Penumpasan pemberontakan Permesta sangatlah berat karena terdapat intervensi pihak asing yang membantu pemberontakan tersebut
Untuk lebih detailnya, yuk pahami penjelasan berikut:
Proklamasi PRRI yang diumumkan pada 15 Februari 1958 di Padang rupanya mendapat sambutan dari Indonesia bagian timur. Dalam rapat-rapat raksasa yang diselenggarakan di beberapa tempat di daerah tersebut, KOMSUT (Komando Daerah Militer Sulawesi Utara dan Tengah), yaitu Kolonel DJ. Somba mengeluarkan pemyataan, bahwa sejak 17 Februari 1958 wilayah Sulawesi Utara dan Tengah menyatakan memutuskan hubungan dengan pemerintah pusat serta Pemerintah Revolusioner Republik Indonesia (PRRI).
Terhadap pemberontakan Permesta, pemerintah tidak ragu-ragu untuk bertindak. KSAD sebagai penguasa perang pusat memecat Somba dan Mayor Runturambi, sedangkan batalyon yang berada di bawah KDMSUT termasuk dinas jawaban, wewenang komandannya diserahkan kepada "Komando Antar Daerah Indonesia Timur" (KOANDAlT).
Untuk menghadapi aksi Permesta, dilancarkan Operasi Merdeka di bawah pimpinan Letnan Kolonel Rukminto Hendraningrat. Operasi tersebut terdiri dari beberapa bagian yang dinamakan sebagai Operasi Sapta Marga.

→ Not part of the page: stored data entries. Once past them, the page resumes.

//! Texts of whole numbers, by which an application may compare its outputs.

ghost use Rattle.std.specs.Prelude.{◌≡◌, ◌<◌, ◌≤◌, ◌^◌, if◌then◌else◌, Some, None, IfSome, length};
ghost use Rattle.std.specs.Char.{is_ascii_digit};
ghost use Rattle.std.specs.List.{list_all};
ghost use Rattle.sched_book.specs.WholeNumbers.{decimal_value, magnitude, whole_number, are_within};

/// The number that these bytes denote, if they are digits.
fn number_of_digits(text: &[u8]) -> Option<u64>
    requires few { length text.now ≤ 18 }
    ensures value { result ≡ (if list_all is_ascii_digit text.now then Some (decimal_value text.now) else None) }
    ensures small { IfSome result (λ n. n < 10 ^ 18) }
{
    let mut number = 0;
    for byte in text {
        if !byte.is_ascii_digit() {
            return None;
        }
        number = 10 * number + u64::from(*byte - b'0');
    }
    Some(number)
}

/// Reads a digit from 1 to 9 and at most 17 more.
fn magnitude_of(text: &[u8]) -> Option<u64>
    ensures value { result ≡ magnitude text.now }
    ensures small { IfSome result (λ n. n < 10 ^ 18) }
{
    let [first, rest @ ..] = text else {
        return None;
    };
    if *first >= b'1' && rest.len() <= 17 {
        number_of_digits(text)
    } else {
        None
    }
}

/// Reads a whole number: `0`, or a magnitude with or without a minus sign.
pub(crate) fn whole_number_of(text: &[u8]) -> Option<i64>
    ensures { result ≡ whole_number text.now }
{
    let [first, rest @ ..] = text else {
        return None;
    };
    if text == b"0".as_slice() {
        return Some(0);
    }
    if *first == b'-' {
        match magnitude_of(rest) {
            None => None,
            Some(magnitude) => Some(-(magnitude as i64)),
        }
    } else {
        match magnitude_of(text) {
            None => None,
            Some(magnitude) => Some(magnitude as i64),
        }
    }
}

/// Whether both are whole numbers, and at most `distance` apart.
pub(crate) fn are_numbers_within(distance: u32, left: Option<i64>, right: Option<i64>) -> bool
    ensures { result ≡ are_within distance left right }
{
    match (left, right) {
        (Some(left), Some(right)) => left.abs_diff(right) <= u64::from(distance),
        _ => false,
    }
}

Meskipun pada akhirnya pemberontakan tersebut dapat ditumpaskan, akan tetapi proses penumpasan pemberontakan tersebut sangatlah menyulitkan sebab para pemberontak rupanya memiliki persenjataan yang modern, seperti pesawat B-26, pesawat pemburu Mustang, dan persenjataan api lainnya. Setelah ditelusuri, temyata Permesta mendapat bantuan dari pihak asing, terbukti dengan ditembak jatuhnya pesawat yang dikemudikan oleh AL. Pope, warga negara Amerika Serikat, pada 18 Mei 1958 di kota Ambon.